Po burzliwej debacie Sejm przegłosował ustawę. ws. ratyfikacji unijnego Funduszu Odbudowy. Przeciwko zagłosowali posłowie Solidarnej Polski, którzy od początku krytykowali niektóre przepisy zawarte w projekcie. Konflikt zaostrzył się do tego stopnia, że Zbigniew Ziobro nie został nawet dopuszczony do głosu podczas sejmowej debaty.

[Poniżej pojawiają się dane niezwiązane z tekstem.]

impl Shards {
    /// The sixteen shards before any step. `NoMemory` (`AllocError`) where a growth was refused.
    pub fn new(alloc: Global, roster: Arc<Roster>) -> Result<Shards, AllocError>
        ensures shards { IfOk result (AreAfter (arc_value roster) []) }
        ensures kept { IfOk result (AreKeptAfter (arc_value roster) []) }
        ensures reached { IfOk result AreReached }
    {
        Ok(Shards {
            list: new_shards(alloc, roster)?,
            most: [TRIM_FROM; 16],
        })
    }

    /// Runs one step more, at shards that were trimmed before or not; those that never were it leaves so. `NoMemory` (`AllocError`) where a
    /// growth was refused: then nothing has changed.
    pub fn step(&mut self, alloc: Global, step: &Step) -> Result<Taken, AllocError>
        requires { AreReached self.old }
        ensures taken { IfOk result (λ t. (net : Network) (before : List Step) → AreKeptAfter net before self.old → t ≡ step_taken net before step.now) }
        ensures shards { OnOk result ((net : Network) (before : List Step) → AreAfter net before self.old → AreAfter net (before ++ step.now ∷ []) self.new) }
        ensures kept { OnOk result ((net : Network) (before : List Step) → AreKeptAfter net before self.old → AreKeptAfter net (before ++ step.now ∷ []) self.new) }
        ensures reached { OnOk result (AreReached self.new) }
        ensures err { OnErr result (self.new ≡ self.old) }
    {
        self.run_act(alloc, step.worker, &step.act.lend())
    }

    // Runs the step of this worker and act.
    fn run_act(
        &mut self,
        alloc: Global,
        worker: u32,
        act: &LentAct<'_>,
    ) -> Result<Taken, AllocError>
        requires { AreReached self.old }
        ensures taken { IfOk result (λ t. (net : Network) (before : List Step) → AreKeptAfter net before self.old → t ≡ step_taken net before (step_lent worker act.now)) }
        ensures shards { OnOk result ((net : Network) (before : List Step) → AreAfter net before self.old → AreAfter net (before ++ step_lent worker act.now ∷ []) self.new) }
        ensures kept { OnOk result ((net : Network) (before : List Step) → AreKeptAfter net before self.old → AreKeptAfter net (before ++ step_lent worker act.now ∷ []) self.new) }
        ensures reached { OnOk result (AreReached self.new) }
        ensures err { OnErr result (self.new ≡ self.old) }
    {
        run_act(alloc, &mut self.list, act)
    }

    // Trims the shard of this number, where that is due.
    fn trim_one(&mut self, alloc: Global, index: u8)
        requires { length self.old ≡ shard_count }
        ensures { (net : Network) (steps : List Step) → AreKeptAfter net steps self.old → AreKeptAfter net steps self.new }
    {
        let place = usize::from(index);
        if let Some(shard) = self.list.get_mut(place) {
            trim_if_due(alloc, shard, &mut self.most[place]);
        }
    }

    // Makes the step of a line, where it asks for one, and trims its shard where trims are wanted and this one is due.
    #[inline(always)]
    fn run_line(
        &mut self,
        alloc: Global,
        trims: bool,
        step: &Option<LentStep<'_>>,
    ) -> Result<Option<Taken>, AllocError>
        requires { AreReached self.old }
        ensures taken { IfOk result (λ t. (net : Network) (before : List Step) → AreKeptAfter net before self.old → t ≡ option_map (step_taken net before) (option_map lent step.now)) }
        ensures shards { OnOk result (trims ≡ false → (net : Network) (before : List Step) → AreAfter net before self.old → AreAfter net (before ++ option_to_list (option_map lent step.now)) self.new) }
        ensures kept { OnOk result ((net : Network) (before : List Step) → AreKeptAfter net before self.old → AreKeptAfter net (before ++ option_to_list (option_map lent step.now)) self.new) }
        ensures reached { OnOk result (AreReached self.new) }
    {
        match step {
            Some(step) if trims => Ok(Some(self.step_and_trim(alloc, step.worker, &step.act)?)),
            Some(step) => Ok(Some(self.run_act(alloc, step.worker, &step.act)?)),
            None => Ok(None),
        }
    }

    /// Runs the step of this worker and act as `step` does, and trims its shard where that is due (no clause says when): what comes of later
    /// steps is the same. `NoMemory` (`AllocError`) where a growth of the step was refused: then nothing has changed. A trim that is refused
    /// is left out.
    pub fn step_and_trim(
        &mut self,
        alloc: Global,
        worker: u32,
        act: &LentAct<'_>,
    ) -> Result<Taken, AllocError>
        requires { AreReached self.old }
        ensures taken { IfOk result (λ t. (net : Network) (before : List Step) → AreKeptAfter net before self.old → t ≡ step_taken net before (step_lent worker act.now)) }
        ensures kept { OnOk result ((net : Network) (before : List Step) → AreKeptAfter net before self.old → AreKeptAfter net (before ++ step_lent worker act.now ∷ []) self.new) }
        ensures reached { OnOk result (AreReached self.new) }
        ensures err { OnErr result (self.new ≡ self.old) }
    {
        let taken = self.run_act(alloc, worker, act)?;
        if let Taken::Made { shard, .. } = &taken {
            self.trim_one(alloc, *shard);
        }
        Ok(taken)
    }

    /// Takes the memory of what came of a step, for windows that are opened later. Contracts see no change.
    pub fn reuse(&mut self, taken: Taken)
        ensures { self.new ≡ self.old }
    {
        let Taken::Made { shard, answer, .. } = taken else {
            return;
        };
        if let Some(shard) = self.list.get_mut(usize::from(shard)) {
            shard.reuse(answer);
        }
    }

    /// The shards, each at its number.
    pub fn as_slice(&self) -> &[Shard]
        ensures { result.now ≡ self.now }
    {
        self.list.as_slice()
    }

    /// The greatest DevNonce of a device, as `Run::greatest` says.
    pub fn greatest(&self, eui: DevEui) -> Option<DevNonce>
        ensures { option_map (λ n. n.0) result ≡ greatest_among self.now eui }
    {
        match self.as_slice().get(shard_of(eui) as usize) {
            Some(shard) => shard.greatest(eui),
            None => None,
        }
    }

    /// Ends a run: whatever its steps were, what `run` promises holds of the shards as they are without trims (`whole`), of which these keep
    /// what trims leave, and of what came of the steps. It is a law.
    pub fn end(&self)
        ensures histories { (net : Network) (steps : List Step) (whole : List State) → AreAfter net steps whole → OfEach whole (λ shard h. IsHistory net shard h) }
        ensures calls { (net : Network) (steps : List Step) (whole : List State) → AreAfter net steps whole → OfEach whole (λ shard h. map (λ e. e.call) h ≡ calls_of shard steps) }
        ensures nonces_rise { (net : Network) (steps : List Step) (whole : List State) → AreAfter net steps whole → OfEach whole (λ shard h. NoncesRise h) }
        ensures counters_rise { (net : Network) (steps : List Step) (whole : List State) → AreAfter net steps whole → OfEach whole (λ shard h. CountersRise h) }
        ensures acks_rise { (net : Network) (steps : List Step) (whole : List State) → AreAfter net steps whole → OfEach whole (λ shard h. AcksRise h) }
        ensures windows_open_once { (net : Network) (steps : List Step) (whole : List State) → AreAfter net steps whole → OfEach whole (λ shard h. WindowsOpenOnce h) }
        ensures nonces_within { (net : Network) (steps : List Step) (whole : List State) → AreAfter net steps whole → OfEach whole (λ shard h. NoncesAreWithin net h) }
        ensures kept { (net : Network) (steps : List Step) (whole : List State) → AreAfter net steps whole → AreKeptAfter net steps self.now → (shard : ℕ) (w s : State) → slice_get whole shard ≡ Some w → slice_get self.now shard ≡ Some s → Keeps w.entries s }
        ensures greatest { (net : Network) (steps : List Step) → AreKeptAfter net steps self.now → (eui : DevEui) → greatest_among self.now eui ≡ greatest_after net steps eui }
        ensures uplinks { (net : Network) (steps : List Step) → AllByRecursion HandsOut (all_taken net [] steps) }
        ensures copies { (net : Network) (steps : List Step) (whole : List State) → AreAfter net steps whole → AllByRecursion (HasCopies whole) (all_taken net [] steps) }
        ensures handed_out_once { (net : Network) (steps : List Step) → AreHandedOutOnce (all_taken net [] steps) }
    {}

    /// Runs steps on one thread, in order. `NoMemory` (`AllocError`) where a growth was refused, and then there is no run.
    ///
    /// What comes of a step that makes a call is the plain server's answer to it, after the entries of its shard that the steps
    /// before it made. The closing of an uplink's first window hands out the uplink, with just its copies. No other step hands out
    /// an uplink: the closing of a later round, in which the uplink was sent again, acknowledges it where its session lives, and hands out
    /// nothing.
    pub fn run(alloc: Global, roster: Arc<Roster>, steps: &[Step]) -> Result<Run, AllocError>
        ensures taken { IfOk result (λ run. run.taken.items ≡ all_taken (arc_value roster) [] steps.now) }
        ensures shards { IfOk result (λ run. AreAfter (arc_value roster) steps.now run.shards) }
        ensures sixteen { IfOk result (λ run. length run.shards ≡ shard_count) }

        // Each shard's history is legal, numbered from 0, and holds one entry for each call that reached the shard, in order.
        ensures histories { IfOk result (λ run. OfEach run.shards (λ shard h. IsHistory (arc_value roster) shard h)) }
        ensures calls { IfOk result (λ run. OfEach run.shards (λ shard h. map (λ e. e.call) h ≡ calls_of shard steps.now)) }

        // Accepted nonces of a device, and counters and acknowledgement numbers of a session, strictly rise; the window of each round
        // of an uplink opens and closes at most once, and an uplink goes out at the closing of its first window alone.
        ensures nonces_rise { IfOk result (λ run. OfEach run.shards (λ shard h. NoncesRise h)) }
        ensures counters_rise { IfOk result (λ run. OfEach run.shards (λ shard h. CountersRise h)) }
        ensures acks_rise { IfOk result (λ run. OfEach run.shards (λ shard h. AcksRise h)) }
        ensures uplinks { IfOk result (λ run. AllByRecursion HandsOut run.taken.items) }
        ensures windows_open_once { IfOk result (λ run. OfEach run.shards (λ shard h. WindowsOpenOnce h)) }

        // Each nonce that is accepted of a device is above the last one that the roster names, and at most the greatest one, which
        // `Run::greatest` gives.
        ensures nonces_within { IfOk result (λ run. OfEach run.shards (λ shard h. NoncesAreWithin (arc_value roster) h)) }
        ensures greatest { IfOk result (λ run. (eui : DevEui) → greatest_among run.shards eui ≡ greatest_after (arc_value roster) steps.now eui) }

        // An uplink goes out with the first 16 hearings of its frame's bytes from its first window's opening to its closing, and the
        // uplink of a session and counter goes out at most once, however often it is sent.
        ensures copies { IfOk result (λ run. AllByRecursion (HasCopies run.shards) run.taken.items) }
        ensures handed_out_once { IfOk result (λ run. AreHandedOutOnce run.taken.items) }
    {
        let mut lines = StepList::new(steps);
        let mut answers = TakenList {
            taken: Vec::new(alloc),
        };
        match Shards::run_over(alloc, roster, false, &mut lines, &mut (), &mut answers) {
            Ok(shards) => Ok(Run {
                shards,
                taken: answers.taken,
            }),
            Err(_) => Err(AllocError),
        }
    }

    /// Runs the steps of lines on one thread, in order, until there are no more lines, and puts what came of each. It is the loop of every
    /// run, of `run` and of `replay` of ns_replay. With `trims`, shards are trimmed as they grow, as `step_and_trim` does: what comes of each
    /// step is the same, and of each history is kept what trims leave.
    ///
    /// `Io` where `from` failed. `NoMemory` where a growth was refused, or after 2^64 - 1 lines.
    pub fn run_over<R, L: StepSource<R>, A: Answers>(
        alloc: Global,
        roster: Arc<Roster>,
        trims: bool,
        lines: &mut L,
        from: &mut R,
        answers: &mut A,
    ) -> Result<Shards, ReadFault>
        requires { L.has_failed from.old ≡ false }
        ensures run { IfOk result (λ shards. (given : List (Option Step)) × (told : List (Option Taken)) × HasAll (L.left lines.old from.old) given × HasRun (arc_value roster) trims given told shards × (A.held answers.new ≡ A.held answers.old ++ flat_map (A.pieces answers.old) told)) }
        ensures sound { OnOk result (L.has_failed from.new ≡ false) }
        ensures io { IfErr result (λ e. (e ≡ Io) ↔ (L.has_failed from.new ≡ true)) }
    {
        let mut shards = Shards::new(alloc, roster)?;
        let mut room = Vec::new(alloc);
        'given: for _ in 0..u64::MAX {
            if !lines.advance(from)? {
                return Ok(shards);
            }
            let step = lines.step(&mut room)?;
            let taken = shards.run_line(alloc, trims, &step)?;
            if let Some(done) = answers.put(alloc, taken)? {
                shards.reuse(done);
            }
        }
        Err(ReadFault::NoMemory)
    }
}
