//! What was made in each shard.
ghost use Rattle.std.specs.Prelude.{◌≡◌, ◌<◌};
ghost use Rattle.ns_serve_parts.specs.Counts.{reply_place};

use crate::counts::{more, value};
use crossbeam_utils::CachePadded;
use ns_calls::Reply;
use ns_types::SHARDS;
use std::sync::atomic::{AtomicU64, Ordering};

/// How many places a list of one thing for each shard has.
pub const PLACES: usize = SHARDS as usize;

// How many kinds of replies there are.
const KINDS: usize = 19;

// The replies by the words of their answer lines, in the order of their places.
const REPLIES: [&str; KINDS] = [
    "opened",
    "copied",
    "crowded",
    "old",
    "nosession",
    "busy",
    "ask",
    "joincopied",
    "joincrowded",
    "nonceold",
    "nodevice",
    "joinbusy",
    "accepted",
    "joinrefused",
    "joinstale",
    "noticket",
    "closed",
    "nowindow",
    "again",
];

// How many entries a shard has, and how many replies of each kind it gave.
#[derive(Default, Drop)]
struct ShardCounts {
    entries: AtomicU64,
    replies: [AtomicU64; KINDS],
}

/// How many entries were made in each shard, as far as they were told, and with which replies since the server began. The counters of two
/// shards share no cache line, so that threads that count in two shards do not wait for each other.
#[derive(Drop)]
pub struct Made {
    shards: [CachePadded<ShardCounts>; PLACES],
}

// The place of a reply's counter.
fn place_of_reply(reply: &Reply) -> usize
    ensures place { result ≡ reply_place reply.now }
    ensures bound { result < 19 }
{
    match reply {
        Reply::Opened { .. } => 0,
        Reply::Copied { .. } => 1,
        Reply::Crowded { .. } => 2,
        Reply::Old { .. } => 3,
        Reply::NoSession => 4,
        Reply::Busy { .. } => 5,
        Reply::Ask { .. } => 6,
        Reply::JoinCopied { .. } => 7,
        Reply::JoinCrowded => 8,
        Reply::NonceOld { .. } => 9,
        Reply::NoDevice => 10,
        Reply::JoinBusy => 11,
        Reply::Accepted { .. } => 12,
        Reply::JoinRefused => 13,
        Reply::JoinStale { .. } => 14,
        Reply::NoTicket => 15,
        Reply::Closed { .. } => 16,
        Reply::NoWindow => 17,
        Reply::Again { .. } => 18,
    }
}

impl Made {
    /// So many entries were made in each, and no reply is counted.
    pub fn of(entries: &[u64; PLACES]) -> Made {
        let made = Made {
            shards: Default::default(),
        };
        for (shard, count) in made.shards.iter().zip(entries.iter()) {
            shard.entries.store(*count, Ordering::SeqCst);
        }
        made
    }

    /// One more was made in a shard, with this reply.
    pub fn add_one(&self, shard: u8, reply: &Reply) {
        if let Some(counts) = self.shards.get(usize::from(shard)) {
            more(&counts.entries);
            more(&counts.replies[place_of_reply(reply)]);
        }
    }

    /// How many entries each shard has.
    pub fn all(&self) -> [u64; PLACES] {
        let mut all = [0; PLACES];
        for (shard, place) in self.shards.iter().zip(all.iter_mut()) {
            *place = value(&shard.entries);
        }
        all
    }

    // How often the reply of this place was given.
    fn count(&self, place: usize) -> u64
        requires { place < 19 }
    {
        let mut count = 0u64;
        for shard in &self.shards {
            count = count.saturating_add(value(&shard.replies[place]));
        }
        count
    }

    /// How often each reply was given, with its name.
    pub fn replies(&self) -> [(&'static str, u64); KINDS] {
        let mut all = [("", 0); KINDS];
        for place in 0..KINDS {
            all[place] = (REPLIES[place], self.count(place));
        }
        all
    }
}
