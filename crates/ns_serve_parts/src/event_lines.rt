//! The lines of events until they are written.
ghost use Rattle.std.specs.Prelude.{◌≡◌, ◌++◌, []};
ghost use Rattle.std.specs.Bool.{OnTrue, OnFalse};
ghost use Rattle.ns_serve_parts.specs.Lines.{line};

use std::alloc::Global;
use std::mem;

/// How many bytes wait at most.
const MOST: usize = 1 << 20;

/// Whole lines of events that wait to be written.
#[derive(Drop)]
pub struct EventLines {
    lines: Vec<u8>,
}

impl EventLines {
    /// No lines.
    pub fn new(alloc: Global) -> EventLines
        ensures { result.lines.items ≡ [] }
    {
        EventLines {
            lines: Vec::new(alloc),
        }
    }

    /// Adds a line, with a line feed, and says whether it has. Where a megabyte waits, or memory is refused, it has not.
    pub fn put(&mut self, text: &str) -> bool
        ensures put { OnTrue result (self.new.lines.items ≡ self.old.lines.items ++ line text.now) }
        ensures kept { OnFalse result (self.new.lines.items ≡ self.old.lines.items) }
    {
        let count = text.len() + 1;
        if self.lines.len() + count > MOST || self.lines.reserve(count).is_err() {
            return false;
        }
        if self.lines.extend_from_slice(text.as_bytes()).is_err() {
            return false;
        }
        self.lines.push_reserved(b'\n');
        true
    }

    /// The lines, which wait no longer.
    pub fn take(&mut self, alloc: Global) -> Vec<u8>
        ensures lines { result.items ≡ self.old.lines.items }
        ensures none { self.new.lines.items ≡ [] }
    {
        mem::replace(&mut self.lines, Vec::new(alloc))
    }
}
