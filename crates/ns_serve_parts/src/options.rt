//! What is to be served, and why serving ended.
ghost use Rattle.std.specs.Prelude.{◌≡◌};
ghost use Rattle.ns_serve_parts.specs.declared.options.ServeFault.TheVariants as serve;
ghost use Rattle.ns_serve_parts.specs.Ends.{serve_fault};

use ns_exchange::HostName;
use ns_output::Output;
use ns_outside::WorkerFault;
use std::alloc::AllocError;
use std::net::SocketAddr;
use thiserror::Error;

/// What to serve.
#[derive(Clone, Copy)]
pub struct ServeOptions<'a> {
    /// The address of the join server.
    pub join: SocketAddr,
    /// The host that requests to it name.
    pub host: HostName<'a>,
    /// The address at which gateways are heard that speak this server's own datagrams, if one is given.
    pub listen: Option<SocketAddr>,
    /// The address at which packet forwarders are heard, if one is given. Where neither is, 127.0.0.1:1700 hears own datagrams.
    pub forwarders: Option<SocketAddr>,
    /// The power of the downlinks that forwarders send, in dBm.
    pub power: u8,
    /// The address at which the status is told over HTTP, if one is given.
    pub status: Option<SocketAddr>,
    /// The name under which the status is asked for, where that is neither an address nor `localhost`.
    pub status_host: Option<&'a str>,
    /// How many workers hear them, 1 to 16. Where both addresses are given, at least 2: every second one hears forwarders.
    pub workers: usize,
    /// How many workers ask the join server, 1 to 16.
    pub join_workers: usize,
    /// How long a window stays open, in milliseconds. The copies of a Join-Request are waited for as long, but 1 s at most.
    pub window_ms: u32,
    /// After how many datagrams the server stops, if it does.
    pub stop_after: Option<u32>,
    /// Whether the server stops at the end of the input that it is given.
    pub stop_at_end: bool,
    /// After how many further entries a shard is trimmed, if at all: at least a quarter of how many devices there are.
    pub trim: Option<u32>,
    /// How uplinks are written.
    pub output: Output,
    /// Whether joins and acknowledgements are written too.
    pub events: bool,
    /// Whether the roster from which the next run begins is written at the end.
    pub closing: bool,
}

/// Why serving ended.
#[derive(Clone, Copy, Debug, PartialEq, Eq, Error)]
pub enum ServeFault {
    /// A growth was refused, or a thread could not be made.
    #[error("no memory")]
    NoMemory,
    /// The socket, the output, the record or a clock failed.
    #[error("io")]
    Io,
}

impl<'a> ServeOptions<'a> {
    /// The address at which gateways are heard that speak this server's own datagrams, if they are: 127.0.0.1:1700 where none is given.
    pub fn own_addr(&self) -> Option<SocketAddr> {
        if self.listen.is_none() && self.forwarders.is_none() {
            Some(SocketAddr::from(([127, 0, 0, 1], 1700)))
        } else {
            self.listen
        }
    }
}

impl From<WorkerFault> for ServeFault {
    ghost from_gives = { λ fault e. e ≡ serve_fault fault };

    fn from(fault: WorkerFault) -> ServeFault {
        match fault {
            WorkerFault::NoMemory => ServeFault::NoMemory,
            WorkerFault::SourceFailed | WorkerFault::SinkFailed => ServeFault::Io,
        }
    }
}

impl From<AllocError> for ServeFault {
    ghost from_gives = { λ _ e. e ≡ serve.NoMemory };

    fn from(_error: AllocError) -> ServeFault {
        ServeFault::NoMemory
    }
}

Sejm RP przegłosował ustawę ws. ratyfikacji zwiększenia zasobów własnych Unii Europejskiej. „Za” projektem opowiedziało się 290 posłów, „przeciw” było 33, a 133 wstrzymało się od głosowania. Jednocześnie aż 20 parlamentarzystów obozu rządzącego zagłosowało przeciwko. Większość z nich to posłowie Solidarnej Polski, którzy od dawna krytykowali projekt, czym doprowadzili do kryzysu rządowego. Doszło nawet do tego, że w Sejmie Zbigniew Ziobro, choć jest ministrem, nie mógł zabrać głosu.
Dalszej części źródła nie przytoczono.